• **Dataset entries**:
//! Which audit is asked for, and the subcommands that are short.
ghost use Rattle.std.specs.Prelude.{◌≡◌, IfOk, IfErr};
ghost use Rattle.sftp_files.specs.declared.messages.Ending.TheVariants as endings;
ghost use Rattle.sftp_files.specs.Failures.{IsUnwritten};
ghost use Rattle.sftp_verdicts.specs.Verdicts.{IsAuditStatus};

use sftp_audit::blank_tree;
use sftp_files::{
    Ending, Failure, Keeping, Named, ShowOptions, System, input_name, print, write_flushed,
    write_last,
};
use sftp_verdicts::{AuditOptions, InferOptions};
use std::io::{IsTerminal, Write};
use std::time::Clock;

/// The name that stands for a tree that nobody knows.
const UNKNOWN: &str = "unknown";

/// Why some options cannot stand beside a tree that nobody knows.
const NEEDS_TREE: &str =
    "--cut, --keep-going and --most cannot be used with '--tree unknown': infer a tree first (see infer --help)";

/// The options of an audit without a tree.
fn options_of_audit<'a>(files: &AuditOptions<'a>) -> InferOptions<'a> {
    InferOptions {
        transcript: files.transcript,
        tree: None,
        best: None,
        out: files.out,
        keeping: files.keeping,
        memory: files.memory,
        explains: files.explains,
        is_json: files.is_json,
        profile: files.profile,
        umask: files.umask,
        home: None,
        is_raised: false,
        passes: None,
    }
}

/// Audits a session: with the tree of a file, or with one that is inferred.
pub(crate) fn audit<'a, R: System + Clock, O: Write, E: Write + IsTerminal>(
    rt: &R,
    files: &AuditOptions<'a>,
    output: &mut O,
    errors: &mut E,
) -> Result<Ending, Failure<'a>>
    ensures { IsAuditStatus result }
{
    if files.tree != UNKNOWN {
        return sftp_auditing::audit(rt, files, output, errors);
    }
    if files.cuts || files.keeps_going || files.most.is_some() {
        return Err(Failure::of_misuse(rt.alloc(), NEEDS_TREE));
    }
    sftp_inferring::infer(rt, &options_of_audit(files), output, errors)
}

/// Shows a file. If nothing of it is what was asked for, standard error says so.
pub(crate) fn show<'a, R: System, O: Write, E: Write>(
    rt: &R,
    options: &ShowOptions<'a>,
    output: &mut O,
    errors: &mut E,
) -> Result<Ending, Failure<'a>> {
    let ending = sftp_commands::show(rt, options, output)?;
    if let Ending::Unmatched = ending {
        let name = Named(input_name(options.file));
        let _ = write_flushed(errors, format_args!("sftpv3: nothing in {name} matches\n"));
    }
    Ok(ending)
}

/// Writes the blank tree to the file `name`.
pub(crate) fn blank<'a, R: System>(
    rt: &R,
    name: &'a str,
    keeping: Keeping,
) -> Result<Ending, Failure<'a>>
    ensures ok { IfOk result (λ ending. ending ≡ endings.Done) }
    ensures err { IfErr result IsUnwritten }
{
    match blank_tree(rt.alloc()) {
        Ok(tree) => write_last(rt, name, keeping, tree),
        Err(_no_memory) => Err(Failure::OutOfMemory),
    }
}

/// Prints help or the version.
pub(crate) fn help<'a, O: Write>(text: &str, output: &mut O) -> Result<Ending, Failure<'a>>
    ensures ok { IfOk result (λ ending. ending ≡ endings.Done) }
    ensures err { IfErr result IsUnwritten }
{
    print(output, text, Ending::Done)
}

• **Exercise aim**:
Each line above that contains "ShowOptions" must be copied out.

• **Solution to the exercise**:
    Ending, Failure, Keeping, Named, ShowOptions, System, input_name, print, write_flushed,
    options: &ShowOptions<'a>,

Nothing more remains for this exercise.